Я посмотрела в окно, на берег, и вспомнила, как Китти смотрела на Уэстри. Ее нельзя винить за эту любовь.
– Как бы там ни было, он убил Атею, потому что она отказывалась молчать, как другие.
– Другие девушки?
– Да. Было еще минимум двое, одной едва исполнилось четырнадцать. Я давно должна была сообщить, но было не до того. А потом узнала о его смерти и решила, что он и так будет гореть в аду.
– Когда он умер?
– В шестьдесят третьем. Инфаркт. Умер в одиночестве, в гостиничном номере в Сан-Франциско.
Я посмотрела на Дженнифер, потом на Женевьеву.
– Но мы все равно должны восстановить справедливость. Он был почетным ветераном войны. Мы аннулируем этот статус.
Женевьева согласно кивнула. Каково ей придется, когда она узнает, что человек, сотворивший все это зло, – ее отец? Я глубоко вздохнула, прежде чем заговорить и навсегда изменить жизнь обеих.
– Китти, – начала я, жестом подозвав Женевьеву. – Я хочу, чтобы ты кое с кем пообщалась. Эту женщину зовут Женевьева. У вас много общего. Например, ее дочь… В общем, думаю, вам надо поговорить.

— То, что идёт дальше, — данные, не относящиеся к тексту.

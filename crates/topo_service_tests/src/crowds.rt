//! Many workers, with calls that meet one another.

use crate::gates::Round;
use crate::harness::{Scene, Start, Work, are_carried_out, is_played};
use crate::steps::Step;
use std::alloc::{AllocError, Global};
use std::process::Abort;
use std::sync::Wait;
use std::sync::atomic::{AtomicU32, Ordering};
use std::test::Fail;
use std::thread;
use std::thread::Threads;
use topo_core::calls::{Call, Command};
use topo_core::limits::Limits;
use topo_picture::Picture;
use topo_price::tariff::PriceFn;
use topo_service::{Pass, Service};
use topo_service_test_support::calls::make;
use topo_test_support::calls::{delete, grow, insert, planned};
use topo_test_support::lawful::is_loaded_again;
use topo_versions::ServiceBrand;

/// Puts an edge in between the apexes, with a plan.
const JOIN: Command = Command::Planned {
    u: 3,
    v: 4,
    kind: 0,
};

/// Each list is an insertion between the apexes with a plan and the deletion of an edge.
const APEX_LISTS: &[&[Command]] = &[
    &[JOIN, Command::Plain(Call::Delete { edge: 0 })],
    &[JOIN, Command::Plain(Call::Delete { edge: 1 })],
    &[JOIN, Command::Plain(Call::Delete { edge: 2 })],
    &[JOIN, Command::Plain(Call::Delete { edge: 3 })],
];

const APEX_SCENE: Scene<'static> = Scene {
    start: Start::Bipyramid,
    prices: (Some(1), &[]),
    steps: &[(0, Step::Accepted(8))],
    due: "[Done, Done, Done, Done]\n\
        accepted: true\n\
        []; 8 calls, replayed: true",
};

#[test]
fn four_workers_plan_between_the_apexes(rt: HostRuntime) -> Result<(), Fail> {
    are_carried_out(&rt, &APEX_SCENE, APEX_LISTS, &Round::Still)
}

/// A number that looks like any other.
fn stir(x: u32) -> u32 {
    let y = x.wrapping_mul(1_664_525).wrapping_add(1_013_904_223);
    y ^ (y >> 15)
}

/// The command at a place of all lists, were they carried out in turn, by such a number. Of 64
/// sixteen insert, one grows, and the others take out one of the last few hundred edges, or ask for
/// one that is not there.
fn command_of(place: u32, x: u32) -> Command {
    let (u, v) = (x % 202, (x / 256) % 202);
    match (x >> 20) % 64 {
        0 => planned(u, v),
        1..=15 => Command::Plain(insert(u, v)),
        16 => Command::Plain(grow(u)),
        _ => Command::Plain(delete((201 + place / 4).saturating_sub((x / 64) % 400))),
    }
}

/// The seed with two hundred vertices more.
pub(crate) fn tree(rt: &impl Abort, alloc: Global) -> Result<Picture, AllocError> {
    let limits = Limits::new(65_536, 65_536, 65_536).expect(rt, "limits");
    let mut picture = Picture::seed(alloc, limits)?;
    for i in 0..200u32 {
        if picture.grow(alloc, stir(i) % (i + 2), 0, 0).is_err() {
            drop(picture);
            return Err(AllocError);
        }
    }
    Ok(picture)
}

/// What is noted while a crowd works.
#[derive(Drop)]
pub(crate) struct Watch {
    /// How many views were taken.
    views: AtomicU32,
    /// How many of them had a picture that is not lawful.
    unlawful: AtomicU32,
    /// How many had a lower number than the view before by the same pass.
    fallen: AtomicU32,
    /// How many calls were out of memory.
    failed: AtomicU32,
}

impl Watch {
    /// How many views were taken, how many of them were unlawful, how many fell, and how many calls
    /// failed.
    fn counts(&self) -> [u32; 4] {
        [
            self.views.load(Ordering::SeqCst),
            self.unlawful.load(Ordering::SeqCst),
            self.fallen.load(Ordering::SeqCst),
            self.failed.load(Ordering::SeqCst),
        ]
    }
}

/// Adds one where it is so.
fn count_where(counter: &AtomicU32, is_so: bool) {
    if is_so {
        let _ = counter.fetch_add(1, Ordering::SeqCst);
    }
}

/// Takes a view, and looks at it. It answers the number of the last view.
fn look<F: PriceFn + Drop, K: ServiceBrand<F>>(
    alloc: Global,
    pass: &mut Pass<F, K>,
    before: u64,
    watch: &Watch,
) -> u64 {
    let Ok(view) = pass.view() else {
        return before;
    };
    let number = view.number();
    let is_lawful = matches!(is_loaded_again(alloc, view.picture()), Ok(true));
    drop(view);
    count_where(&watch.views, true);
    count_where(&watch.fallen, number < before);
    count_where(&watch.unlawful, !is_lawful);
    number
}

/// Whether a command was carried out. A planned insertion is made along the route that the pass
/// finds, and without one where it finds none.
fn is_made<F: PriceFn + Drop, K: ServiceBrand<F>, R: Wait>(
    rt: &R,
    alloc: Global,
    service: &Service<F, K>,
    pass: &mut Pass<F, K>,
    command: Command,
) -> bool {
    let answer = match command {
        Command::Plain(call) => make(rt, service, pass, call),
        Command::Planned { u, v, kind } => match pass.find(alloc, service.tariff(), u, v) {
            Ok(found) => {
                let answer = service.insert_found(rt, pass, kind, &found);
                drop(found);
                answer
            }
            Err(_) => make(rt, service, pass, Call::Insert { u, v, kind }),
        },
    };
    let is_made = answer.is_ok();
    drop(answer);
    is_made
}

/// Makes two thousand calls, and takes a view after each hundred.
fn work_and_look<F: PriceFn + Drop, K: ServiceBrand<F>, R: Wait>(
    rt: &R,
    alloc: Global,
    service: &Service<F, K>,
    pass: &mut Pass<F, K>,
    watch: &Watch,
) {
    let worker = pass.number();
    let mut x = worker;
    let mut number = 0;
    for turn in 0..2_000u32 {
        x = stir(x);
        let command = command_of(turn.wrapping_mul(16).wrapping_add(worker), x);
        let made = is_made(rt, alloc, service, pass, command);
        count_where(&watch.failed, !made);
        if turn % 100 == 99 {
            number = look(alloc, pass, number, watch);
        }
    }
}

/// Lets each pass make its calls, in a thread of its own, and looks at versions meanwhile.
pub(crate) fn work_all<
    F: PriceFn + Drop + Send + Sync,
    K: ServiceBrand<F> + Send + Sync,
    R: Threads + Wait + Sync,
>(rt: &R, alloc: Global, service: &Service<F, K>, passes: &mut [Pass<F, K>], watch: &Watch) {
    let threads = passes.len();
    if threads == 0 {
        return;
    }
    thread::for_each_mut(
        rt,
        passes,
        threads,
        &|_place, pass: &mut Pass<F, K>| work_and_look(rt, alloc, service, pass, watch),
    );
}

const TREE_SCENE: Scene<'static> = Scene {
    start: Start::Tree,
    prices: (Some(1), &[]),
    steps: &[(0, Step::Accepted(1_000))],
    due: "accepted: true\n[]; 32000 calls, replayed: true",
};

/// The workers take all views, and nothing is amiss.
#[test]
fn sixteen_workers_make_thousands_of_calls(rt: HostRuntime) -> Result<(), Fail> {
    let watch = Watch {
        views: AtomicU32::new(0),
        unlawful: AtomicU32::new(0),
        fallen: AtomicU32::new(0),
        failed: AtomicU32::new(0),
    };
    is_played(&rt, &TREE_SCENE, Work::Crowd(16, &watch))?;
    assert!(rt; watch.counts() == [320, 0, 0, 0]);
    Ok(())
}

Женевьева удивленно посмотрела на меня, но взяла трубку и улыбнулась:
– Миссис Хэмптон?
Я встала с кровати и жестом позвала за собой Дженнифер. Она понимающе кивнула. Мы вышли.
– Возможно, это лучшая часть всей истории, – улыбнулась Дженнифер в коридоре.
Держась за руки, мы спустились по лестнице, вышли на побережье и уселись рядом, наблюдая за набегающими волнами. Они застигали врасплох загорающих, заставляя перемещаться повыше. Я любовалась прекрасным видом. Остров словно знал, что справедливость восстановлена, и бережно, но кропотливо очищал берега от зла.
Я провела рукой по медальону, раздумывая, правду ли сказала Тита. Разрушено ли проклятие, о котором она говорила? Время покажет.
В гостиной зазвонил телефон, и я застонала. Чтобы ответить, нужно было встать, вылезти из кровати и дойти, превозмогая боль в каждом суставе. Но упорный сигнал заставил меня подняться. Шаг, другой. Ноги болели, но двигались, я успела добраться вовремя и снять трубку.
– Бабушка, это я, – прощебетала Дженнифер. – Уже сегодня.
Мы вернулись больше трех месяцев назад. Путешествие прошло лучше, чем я ожидала, но по возвращении эмоциональная усталость дала о себе знать. Я подарила покой Женевьеве, Атее, Китти и даже острову, но уехала с опустошенным сердцем – там остался лишь шепот Уэстри да блокнот со старыми письмами.